Where Karlson’s team is working that day is a cluster of trees separating a field of recently harvested wheat from a long patch of sunflowers. Next to the van where Sasha and her colleagues are monitoring the drone, there are coffin-sized pits the team can dive into if the Russians start bombing their mobile base.

In addition to surveillance, the unit also attempts to track and intercept Russian drones – while, across the front line, Russian drone operators search for Karlson’s drones. It’s a spy vs. spy aerial game.

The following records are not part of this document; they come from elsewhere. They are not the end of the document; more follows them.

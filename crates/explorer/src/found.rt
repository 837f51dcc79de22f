//! The outcomes of histories, each with how many have it.

ghost use Rattle.std.specs.Prelude.{◌≡◌, ◌<◌, ◌+◌, ◌^◌, ◌++◌, ◌∷◌, [], if◌then◌else◌, option_map, OnOk};
ghost use Rattle.std.specs.List.{position};
ghost use Rattle.hist_model.specs.ReportAudit.{judging_by};
ghost use Rattle.hist_model.specs.declared.script.Script.{Script};
ghost use Rattle.outcome_text.specs.Sight as sight;
ghost use Rattle.explorer.specs.Tallies.{CountedOutcome, added, counted, has_text, merged, of_one, with_more};

use crate::schedule::schedule_of;
use hist_model::history::History;
use hist_model::policy::Policy;
use hist_model::script::Step;
use outcome_text::outcome_of;
use std::alloc::Global;
use std::marker::Model;
use sys_abi::memory::NoMemory;

/// What some of the explored histories come to.
#[derive(Debug, Drop)]
pub(crate) struct FoundOutcome {
    text: Vec<u8>,
    histories: u64,
    schedule: Option<Vec<Step>>,
}

impl Model for FoundOutcome {
    ghost use Rattle.std.specs.Prelude.{option_map};
    ghost use Rattle.explorer.specs.Tallies.{CountedOutcome};

    ghost Value = { CountedOutcome };

    ghost view = { λ o. record { text = o.text.items; histories = o.histories; schedule = option_map (λ steps. steps.items) o.schedule } };
}

impl FoundOutcome {
    /// What these histories come to: the lines of their calls (`outcome_text`). Empty where no call was entered.
    pub(crate) fn text(&self) -> &[u8]
        ensures { result.now ≡ self.now.text }
    {
        self.text.as_slice()
    }

    /// How many histories come to it.
    pub(crate) fn histories(&self) -> u64
        ensures { result ≡ self.now.histories }
    {
        self.histories
    }

    /// Its text, how many histories come to it, and the schedule of the first of them.
    pub(crate) fn into_parts(self) -> (Vec<u8>, u64, Option<Vec<Step>>)
        ensures text { result.0.items ≡ self.text }
        ensures histories { result.1 ≡ self.histories }
        ensures schedule { option_map (λ steps. steps.items) result.2 ≡ self.schedule }
    {
        let FoundOutcome {
            text,
            histories,
            schedule,
        } = self;
        (text, histories, schedule)
    }

    /// Counts so many histories more.
    fn count(&mut self, histories: u64)
        requires { self.old.histories + histories < 2 ^ 64 }
        ensures { self.new ≡ with_more self.old histories }
    {
        self.histories += histories;
    }
}

/// Where the outcome with a text stands, if there is one.
fn place_of(outcomes: &[FoundOutcome], text: &[u8]) -> Option<usize>
    ensures { result ≡ position (has_text text.now) outcomes.now }
{
    outcomes.iter().position(|outcome| outcome.text() == text)
}

/// Counts so many histories more for the outcome with a text; says whether there is one.
fn count(outcomes: &mut [FoundOutcome], text: &[u8], histories: u64) -> bool
    requires { counted outcomes.old + histories < 2 ^ 64 }
    ensures { (o : CountedOutcome) → o.text ≡ text.now → o.histories ≡ histories → added o outcomes.old ≡ (if result then outcomes.new else outcomes.new ++ o ∷ []) }
{
    match place_of(outcomes, text) {
        Some(place) => {
            outcomes[place].count(histories);
            true
        }
        None => false,
    }
}

/// Counts a history for its outcome, in which the effects at the `hidden` places are out of sight.
pub(crate) fn add_history(
    alloc: Global,
    outcomes: &mut Vec<FoundOutcome>,
    policy: &Policy,
    history: &History,
    hidden: &[usize],
) -> Result<(), NoMemory>
    requires { counted outcomes.old.items + 1 < 2 ^ 64 }
    ensures { OnOk result ((S : Script) → hidden.now ≡ sight.hidden S history.now.events → outcomes.new.items ≡ added (of_one S (judging_by policy.now.rules) history.now.events) outcomes.old.items) }
{
    let text = outcome_of(alloc, policy, history, hidden)?;
    if !count(outcomes.as_mut_slice(), text.as_slice(), 1) {
        let schedule = schedule_of(alloc, history)?;
        outcomes.push(FoundOutcome {
            text,
            histories: 1,
            schedule,
        })?;
    }
    Ok(())
}

/// Adds an outcome to others.
fn add(outcomes: &mut Vec<FoundOutcome>, outcome: FoundOutcome) -> Result<(), NoMemory>
    requires { counted outcomes.old.items + outcome.histories < 2 ^ 64 }
    ensures { OnOk result (outcomes.new.items ≡ added outcome outcomes.old.items) }
{
    if !count(outcomes.as_mut_slice(), outcome.text(), outcome.histories()) {
        outcomes.push(outcome)?;
    }
    Ok(())
}

/// Adds these outcomes to others, one after another.
pub(crate) fn add_all(
    outcomes: &mut Vec<FoundOutcome>,
    more: Vec<FoundOutcome>,
) -> Result<(), NoMemory>
    requires { counted outcomes.old.items + counted more.items < 2 ^ 64 }
    ensures { OnOk result (outcomes.new.items ≡ merged outcomes.old.items more.items) }
{
    for outcome in more {
        add(outcomes, outcome)?;
    }
    Ok(())
}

For several days, the work may involve hours of viewing video footage. Research. Looking for clues.

“That’s our task,” said Sacha. “We sit all day and watch.”

Amid animals and deserted houses on the laptop, he spots what could be a buried Russian tank. A patch of dirt the size of a trampoline appears to have been recently dug up and smoothed over. Sasha notes her position. He says he will take a closer look at the location on the high definition images when the drone returns.

Shelling can be heard in the distance. Sasha doesn’t even look up from her screen.

“Outgoing,” he mutters.

He says there is nothing to worry about. Their drone continues to scan the front line. And presumably, somewhere in the sky nearby, Russian drones are also scanning the landscape – looking for Karlson’s mobile base among the trees.